The pipeline ensures deployments follow a structured process without requiring manual intervention. It also manages Terraform state to keep track of existing resources and prevent conflicts. This automated workflow makes infrastructure provisioning more predictable while keeping costs in check as well.
With real-time cost estimation, teams can compare instance types or adjust configurations before deployment to balance cost and performance. Once the resource configuration is finalized, it can be deployed directly from Cycloid, making sure that infrastructure changes are cost-optimized before affecting the cloud environment.

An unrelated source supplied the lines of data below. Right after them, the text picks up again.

// Definitions, laws and theorems alone; no code.
#![tactic(auto)]
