// The image of one row in one phase, from the images and the known values that stand in `work`.
#![tactic(auto)]

ghost use Rattle.std.specs.Prelude.{◌≡◌, ℕ, ◌-◌, ◌/◌, ◌<◌, ◌≤◌, length};
ghost use Rattle.memory.specs.Fields.{u16_at};
ghost use Rattle.ternary.specs.Ternary.{X};
ghost use Rattle.netlist.specs.Limits.{most_phases, most_original_rows, fold_work_bytes};
ghost use Rattle.netlist.specs.Rows.{row_at, input};
ghost use Rattle.netlist.specs.FileFormat.{read_fields, netlist_of};
ghost use Rattle.abstraction.specs.GateMaking.{new_row};
ghost use Rattle.abstraction.specs.Unrolling.{image_literal, register_image, row_image};
ghost use Rattle.blockfile.specs.RowCode.{Small, if_known};
ghost use Rattle.gates.specs.declared.MadeImage.TheVariants.{Existing};
ghost use Rattle.gates.specs.ImageCode.{image_code};
ghost use Rattle.fold_memory.specs.WorkMap.{known_in};
ghost use Rattle.row_images.specs.ImageMap.{image_offset, images_in, no_literal, RowToFold};

use blockfile::Fields;
use fold_memory::{KNOWN, PHASE_BYTES};
use gates::{MadeImage, MadeRow};

// A literal that names no row: the answer for a row of an unknown kind, which no accepted file has.
const NO_LITERAL: u16 = 65535;

// Where the image of row i in phase k stands.
pub fn image_offset(k: usize, i: usize) -> usize
    requires { (k < most_phases) × (i < most_original_rows) }
    ensures { result ≡ image_offset k i }
{
    PHASE_BYTES * k + 2 * i
}

// The image of row i in phase k, which is there.
pub fn image_at(work: &[u8], k: usize, i: usize) -> u16
    requires { (k < most_phases) × (i < most_original_rows) × (fold_work_bytes ≤ length work.now) }
    ensures { result ≡ u16_at work.now (image_offset k i) }
{
    let offset = image_offset(k, i);
    memory::read_u16(work, offset) as u16
}

// The image of the literal l in phase k.
pub fn literal_image(work: &[u8], k: usize, l: usize) -> u16
    requires { (k < most_phases) × (l / 2 < most_original_rows) × (fold_work_bytes ≤ length work.now) }
    ensures { (n : ℕ) → l / 2 < n → result ≡ image_literal (images_in work.now k n) l }
{
    let image = image_at(work, k, l / 2);
    if l % 2 == 0 {
        image
    } else {
        gates::complement(image)
    }
}

// A new input.
fn input_image(x: Fields, k: usize) -> MadeImage
    requires { Small x × (k < most_phases) }
    ensures { result ≡ image_code (new_row (input x.a k) 0) }
{
    let label = x.a as u16;
    let phase = k as u16;
    MadeImage::NewRow(
        MadeRow {
            kind: 1,
            reset: 0,
            a: label,
            b: phase,
            c: 0,
        },
        0,
    )
}

// The image of a register of which nothing is known.
fn open_register(work: &[u8], x: Fields, k: usize) -> MadeImage
    requires { Small x × (k < most_phases) × (x.a / 2 < most_original_rows) × (fold_work_bytes ≤ length work.now) }
    ensures { (n : ℕ) → x.a / 2 < n → result ≡ image_code (register_image X k (images_in work.now (k - 1) n) x.reset x.a x.b) }
{
    if k == 0 {
        let next = x.a as u16;
        let label = x.b as u16;
        MadeImage::NewRow(
            MadeRow {
                kind: 2,
                reset: x.reset,
                a: next,
                b: label,
                c: 0,
            },
            0,
        )
    } else {
        MadeImage::Existing(literal_image(work, k - 1, x.a))
    }
}

// The image of a register, row i.
fn register_image(work: &[u8], x: Fields, k: usize, i: usize) -> MadeImage
    requires { Small x × (k < most_phases) × (i < most_original_rows) × (x.a / 2 < most_original_rows) × (fold_work_bytes ≤ length work.now) }
    ensures { (n : ℕ) → x.a / 2 < n → result ≡ image_code (register_image (known_in work.now i k) k (images_in work.now (k - 1) n) x.reset x.a x.b) }
{
    let offset = KNOWN + 2 * i;
    let second = offset + 1;
    if work[offset] == 0 {
        return open_register(work, x, k);
    }
    let later = work[second] >> k;
    let bit = (later % 2) as u16;
    MadeImage::Existing(bit)
}

// The image of row i in phase k, worked out; one that names no row if the kind is unknown.
pub fn row_image(file: &[u8], work: &[u8], k: usize, i: usize) -> MadeImage
    requires row_to_fold { RowToFold file.now i }
    requires k_lt_most_phases { (k < most_phases) × (fold_work_bytes ≤ length work.now) }
    ensures { result ≡ if_known (read_fields file.now i).kind (image_code (row_image (known_in work.now i k) k (images_in work.now (k - 1) (length (netlist_of file.now))) (images_in work.now k i) (row_at (netlist_of file.now) i))) (Existing no_literal) }
{
    let x = blockfile::read_row(file, i);
    let kind = x.kind;
    match kind {
        0 => MadeImage::Existing(0),
        1 => input_image(x, k),
        2 => register_image(work, x, k, i),
        3 => gates::make_and(literal_image(work, k, x.a), literal_image(work, k, x.b)),
        4 => gates::make_xor(literal_image(work, k, x.a), literal_image(work, k, x.b)),
        5 => gates::make_mux(
            literal_image(work, k, x.a),
            literal_image(work, k, x.b),
            literal_image(work, k, x.c),
        ),
        6 => MadeImage::Existing(literal_image(work, k, x.a)),
        7..=255 => return MadeImage::Existing(NO_LITERAL),
    }
}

By integrating cost estimation with provisioning and ongoing cost tracking, Cycloid makes sure that cloud cost management is proactive rather than reactive. Instead of relying on post-deployment budgets and alerts, teams can optimize cloud spending at the time of provisioning, ensuring predictable and well-managed cloud costs.
Do you want to take control of your cloud costs before deploying to the infrastructure? Try Cycloid now and make every resource count.
Till now, you should have a clear understanding of how misconfigurations and unmanaged resources lead to high cloud costs. We covered how platform engineering, cost monitoring, and Cycloid help control expenses. By following these practices, teams can optimize cloud spending and avoid unexpected charges.
Cloud costs can be controlled by right-sizing resources, setting budgets and alerts, automating scaling, and regularly reviewing usage to eliminate waste. Using Infrastructure as Code (IaC) helps standardize provisioning and prevent over-allocation.
To save cloud costs, avoid idle resources, use cost-effective storage options, and leverage discounts like reserved and spot instances. Implement automation to scale resources only when needed.
Azure costs can be controlled by setting up Azure Cost Management, enabling budgets and alerts, using reserved instances, and optimizing virtual machines and storage based on usage patterns.
Azure Cost Management is a built-in tool that helps track, analyze, and optimize cloud spending in Azure. It provides reports, cost alerts, and recommendations to manage expenses effectively.